Stratification Pipeline

The Stratification pipeline extends hierarchical clustering with response-aware feature selection and a LOOCV SVM classifier. It takes a cohort with clinical response labels and produces a trained classification model, ROC/PR curves, and feature importance outputs.

Web app slug: stratification-pipeline

When to use

Use this pipeline when your cohort TSV includes a response column (clinical outcome label, e.g., responder/non-responder) and you want to:

Select immune repertoire features that distinguish response groups
Build and evaluate a Leave-One-Out Cross-Validation (LOOCV) SVM classifier
Generate interpretable heatmaps and volcano plots

Submitting a job

The stratification pipeline uses a 6-step stepper form in the web app.

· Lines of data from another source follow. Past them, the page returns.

//! A box that is buffered until all of it has come.

ghost use Rattle.std.specs.Prelude.{◌≡◌, ◌+◌, ◌-◌, ◌^◌, ◌<◌, ◌≤◌, ◌↔◌, ◌++◌, length, take, min, IfOk, OnErr, OnOk, IsErrOf, IsTrue};
ghost use Rattle.mp4_box.specs.Headers.{IsBytes};
ghost use Rattle.mp4_ledger.specs.Memory.{claimed, given_back};

use mp4_box::FourCc;
use mp4_ledger::{Buf, Ledger, Refused};
use std::marker::Model;

/// A box in claimed memory, whose bytes are coming. It must be given back, and can't be dropped.
pub struct BufferedBox {
    buf: Buf,
    at: u64,
    kind: FourCc,
}

// A contract sees the box and its bytes so far.
impl Model for BufferedBox {
    ghost use Rattle.std.specs.Prelude.{◌≡◌, ◌+◌, ◌^◌, ◌≤◌, length};
    ghost use Rattle.mp4_machine.specs.Buffering.{Buffering};

    ghost Value = { Buffering };

    ghost view = { λ h. record { at = h.at; kind = h.kind; size = h.buf.cap; bytes = h.buf.bytes } };

    ghost invariant = { λ h. (h.at + h.buf.cap ≤ 2 ^ 62) × (length h.buf.bytes ≤ h.buf.cap) };
}

impl BufferedBox {
    /// Claims room for a box of `size` bytes at `at`, of which these have come.
    ///
    /// # Errors
    ///
    /// As the ledger refuses the claim; nothing is claimed then.
    pub fn claim(
        ledger: &mut Ledger,
        at: u64,
        kind: FourCc,
        size: u64,
        bytes: &[u8],
    ) -> Result<BufferedBox, Refused>
        requires room { length bytes.now ≤ size }
        requires end { at + size ≤ 2 ^ 62 }
        ensures buffered { IfOk result (λ h. h ≡ record
            { at = at; kind = kind; size = size; bytes = bytes.now }) }
        ensures ok { OnOk result (ledger.new ≡ claimed ledger.old size) }
        ensures over_limit { IsErrOf result Refused.OverLimit ↔
            (ledger.old.limit < ledger.old.live + size) }
        ensures err { OnErr result (ledger.new ≡ ledger.old) }
        ensures within { ledger.new.live ≤ ledger.new.limit }
    {
        match ledger.buf(size) {
            Ok(buf) => {
                let mut buf = buf;
                buf.push_slice(bytes);
                Ok(BufferedBox { at, kind, buf })
            }
            Err(refused) => Err(refused),
        }
    }

    /// Takes the bytes at the front of the input that belong to the box. Returns how many.
    pub fn take(&mut self, input: &[u8]) -> usize
        ensures taken { result ≡ min (self.old.size - length self.old.bytes) (length input.now) }
        ensures buffered { self.new ≡ record self.old
            { bytes = self.old.bytes ++ take result input.now } }
    {
        let left = self.buf.cap() - self.buf.len();
        let taken = left.min(input.len());
        self.buf.push_slice(&input[..taken]);
        taken
    }

    /// Whether all of the box has come.
    pub fn is_whole(&self) -> bool
        ensures { IsTrue result ↔ (length self.now.bytes ≡ self.now.size) }
    {
        self.buf.len() == self.buf.cap()
    }

    /// Its type.
    pub fn kind(&self) -> FourCc
        ensures { result ≡ self.now.kind }
    {
        self.kind
    }

    /// The offset of its first byte. It ends within 2^62 bytes.
    pub fn offset(&self) -> u64
        ensures at { result ≡ self.now.at }
        ensures end { self.now.at + self.now.size ≤ 2 ^ 62 }
    {
        self.at
    }

    /// Its stated size.
    pub fn size(&self) -> u64
        ensures { result ≡ self.now.size }
    {
        self.buf.cap() as u64
    }

    /// Its bytes so far.
    pub fn bytes(&self) -> &[u8]
        ensures bytes { result.now ≡ self.now.bytes }
        ensures valid { IsBytes self.now.bytes }
    {
        valid(self.buf.bytes())
    }

    /// Gives its memory back.
    pub fn back(self, ledger: &mut Ledger)
        requires { self.size ≤ ledger.old.live }
        ensures { ledger.new ≡ given_back ledger.old self.size }
    {
        let BufferedBox {
            at: _,
            kind: _,
            buf,
        } = self;
        ledger.back(buf);
    }
}

/// The same bytes, each of which is one byte.
fn valid(bytes: &[u8]) -> &[u8]
    ensures bytes { result.now ≡ bytes.now }
    ensures valid { IsBytes bytes.now }
{
    bytes
}
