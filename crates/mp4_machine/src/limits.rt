//! How far a stream is followed, and what is refused.

ghost use Rattle.std.specs.Prelude.{◌≡◌, ◌<◌, ◌≤◌, ◌↔◌, IsTrue};
ghost use Rattle.mp4_machine.specs.Bodies.{fault, least_end, longest};

use crate::stop::Stop;
use mp4_box::{Fault, FourCc, Header, Rule, Size};

/// No stream is followed further than this many bytes.
pub const LONGEST: u64 = 1 << 62;

/// A refusal of the box at `at`.
pub fn at_fault(rule: Rule, kind: Option<FourCc>, at: u64) -> Stop
    ensures { result ≡ Stop.Stream (fault rule kind at) }
{
    Stop::Stream(Fault {
        rule,
        kind,
        offset: at,
    })
}

/// Whether the box at `at` with this header goes past the longest stream.
pub fn is_too_long(at: u64, header: &Header) -> bool
    requires at { at ≤ longest }
    ensures { IsTrue result ↔ (longest < least_end at header.now header.now.size) }
{
    let least = match header.size {
        Size::Exact(size) => size,
        Size::ToEnd => header.header_len,
    };
    least > LONGEST - at
}
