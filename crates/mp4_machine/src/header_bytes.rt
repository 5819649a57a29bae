//! Reads a header from bytes as they come.

ghost use Rattle.std.specs.Prelude.{◌≡◌, ◌↔◌, ◌+◌, ◌<◌, ◌≤◌, ◌++◌, length, take, IsTrue};
ghost use Rattle.mp4_box.specs.Headers.{header_at, need};
ghost use Rattle.mp4_box.specs.declared.headers.Step.TheVariants as steps;
ghost use Rattle.mp4_machine.specs.HeaderBytes.{Reads, bytes_of};

use mp4_box::{FourCc, Header, HeaderReader, Step, header_of};
use std::mem::replace;

/// The bytes of a header of which all came.
#[derive(Drop)]
pub enum HeaderBytes<'a> {
    /// They came at once, and are in the input.
    AtOnce(&'a [u8]),
    /// They came in parts.
    InParts(HeaderReader),
}

impl HeaderBytes<'_> {
    /// These bytes.
    pub fn bytes(&self) -> &[u8]
        ensures { result.now ≡ bytes_of self.now }
    {
        match self {
            HeaderBytes::AtOnce(bytes) => bytes,
            HeaderBytes::InParts(header_bytes) => header_bytes.bytes(),
        }
    }
}

/// What is known of a header once bytes of it were taken.
#[derive(Drop)]
pub enum HeaderStatus<'a> {
    /// More bytes are needed than so many, which is all that the input has.
    More {
        count: usize,
    },
    /// No header has these bytes. The type of the box, if they have it.
    BadSize {
        kind: Option<FourCc>,
    },
    /// This is the header. So many bytes of the input belong to it.
    Complete {
        header: Header,
        bytes: HeaderBytes<'a>,
        count: usize,
    },
}

/// Takes bytes of a header from the front of the input, after the part of it that came before: all that belong to it,
/// or else all that there are. What came of it is kept while more is needed.
#[inline(always)]
pub fn next_header<'a>(part: &mut HeaderReader, input: &'a [u8]) -> HeaderStatus<'a>
    requires some { 0 < length input.now }
    requires short { length part.old < need part.old }
    ensures { Reads part.old part.new input.now result }
{
    if part.is_empty() {
        if let Ok(header) = header_of(input) {
            let count = header.header_len as usize;
            let bytes = HeaderBytes::AtOnce(&input[..count]);
            return HeaderStatus::Complete {
                header,
                bytes,
                count,
            };
        }
    }
    next_part(part, input)
}

/// As [`next_header`], byte by byte. It is separate, since most headers come at once.
#[inline(never)]
fn next_part<'a>(part: &mut HeaderReader, input: &'a [u8]) -> HeaderStatus<'a>
    requires some { 0 < length input.now }
    requires short { length part.old < need part.old }
    ensures { Reads part.old part.new input.now result }
{
    let taken = take_head(part, input);
    match taken.step {
        Step::More => HeaderStatus::More { count: taken.count },
        Step::BadSize => {
            let kind = part.kind();
            *part = HeaderReader::new();
            HeaderStatus::BadSize { kind }
        }
        Step::Whole(header) => {
            let header_bytes = replace(part, HeaderReader::new());
            HeaderStatus::Complete {
                header,
                bytes: HeaderBytes::InParts(header_bytes),
                count: taken.count,
            }
        }
    }
}

/// Bytes that were taken of a header, and what the header is with them.
#[derive(Clone, Copy)]
struct HeadTaken {
    count: usize,
    step: Step,
}

/// Takes bytes of a header from the front of the input: the whole header if it is there, else what there is.
fn take_head(header_bytes: &mut HeaderReader, input: &[u8]) -> HeadTaken
    requires some { 0 < length input.now }
    requires short { length header_bytes.old < need header_bytes.old }
    ensures bytes { header_bytes.new ≡ header_bytes.old ++ take result.count input.now }
    ensures count { (0 < result.count) × (result.count ≤ length input.now) }
    ensures step { result.step ≡ header_at header_bytes.new }
    ensures more { result.step ≡ steps.More → length header_bytes.new < need header_bytes.new }
    ensures all { result.step ≡ steps.More → result.count ≡ length input.now }
    ensures len { length header_bytes.new ≤ need header_bytes.new }
{
    let mut count = 0;
    while count < input.len() {
        let step = header_bytes.feed(input[count]);
        count += 1;
        if !is_more(&step) {
            return HeadTaken { count, step };
        }
    }
    HeadTaken {
        count,
        step: Step::More,
    }
}

/// Whether more bytes are needed.
fn is_more(step: &Step) -> bool
    ensures { IsTrue result ↔ (step.now ≡ steps.More) }
{
    matches!(step, Step::More)
}
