//! Where fragments end in a text, and in a block.

ghost use Rattle.std.specs.Prelude.{◌∷◌, []};
ghost use Rattle.mp4_machine.specs.Ends.{sent};
ghost use Rattle.mp4_machine.specs.Puts.{PutsMarked};

use crate::block::Block;
use mp4_ends::{Failed, Sink};

/// Capacity of a block in ends of fragments.
pub(crate) const MOST_ENDS: usize = 160;

/// An end of fragments in a text: after its first `end` bytes, `count` fragments are whole.
#[derive(Clone, Copy, Debug, Default, PartialEq, Eq)]
pub struct FragmentEnd {
    /// How many bytes of the text.
    pub end: usize,
    /// How many fragments.
    pub count: u64,
}

impl Block {
    /// Marks that `count` fragments are whole in everything that was put. The buffer is sent first where its ends are
    /// full.
    pub fn mark<W: Sink>(&mut self, w: &mut W, count: u64) -> Result<(), Failed>
        ensures { PutsMarked (sent W.contents W.has_failed w.old w.new) self.old self.new []
            (record { end = 0; count = count } ∷ []) result }
    {
        if self.ends.len() == MOST_ENDS {
            match self.send(w) {
                Ok(()) => {}
                Err(Failed) => return Err(Failed),
            }
        }
        self.ends.push(FragmentEnd {
            end: self.waiting.len(),
            count,
        });
        Ok(())
    }
}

Navigate to Dashboard → Stratification Pipeline → New Job.

Step 1: Cohort sheet

Upload a cohort TSV. Required columns:

Column	Description
`subject_id`	Unique subject identifier
`airr_file_path`	Path to per-subject AIRR files
`response`	Clinical response label (e.g., `responder`, `non-responder`, or `0`/`1`)

Step 2: Clustering parameters

Same as the Clustering pipeline — sid, cov, auto-tune, metric.

Step 3: Feature selection

Field	Default	Description
FDR threshold	0.05	Benjamini-Hochberg FDR cutoff for feature selection
Min cluster size	2	Minimum number of subjects a cluster must appear in to be considered
Log transform	true	Apply log1p transformation to frequency features

Step 4: Classification

Field	Default	Description
SVM kernel	`rbf`	SVM kernel (`rbf`, `linear`, `poly`)
Class weight	`balanced`	Handle class imbalance
CV folds	LOOCV	Leave-one-out cross-validation (fixed)

Step 5: Visualization

Field	Default	Description
Generate heatmap	true	CLR-normalized heatmap of selected features
Generate volcano plot	true	Volcano plot of feature significance vs. effect size

Step 6: Review & submit

Review all parameters and submit.

Output files

File	Description
`feature_matrix.tsv`	Subject × cluster frequency matrix
`selected_features.tsv`	Features passing FDR threshold with test statistics
`clr_heatmap.html`	Interactive CLR heatmap
`clr_heatmap.png`	Static heatmap image
`volcano_plot.html`	Interactive volcano plot
`volcano_plot.png`	Static volcano plot
`loocv_predictions.tsv`	Per-subject predicted labels and probabilities
`classifier_metrics.json`	AUC, accuracy, sensitivity, specificity
`roc_curve.png`	ROC curve plot
`pr_curve.png`	Precision-Recall curve plot
`stratification_results.zip`	Archive of all outputs

Interpreting results

classifier_metrics.json

{
  "auc_roc": 0.84,
  "auc_pr": 0.79,
  "accuracy": 0.76,
  "sensitivity": 0.80,
  "specificity": 0.73,
  "n_features_selected": 12,
  "n_subjects": 45
}

loocv_predictions.tsv — one row per subject:

subject_id	true_label	predicted_label	probability
S001	responder	responder	0.82
S002	non-responder	non-responder	0.11

Troubleshooting

T0 fails: missing response column
Add the response column to your cohort TSV. Values must be consistent (e.g., only 0/1, or only responder/non-responder).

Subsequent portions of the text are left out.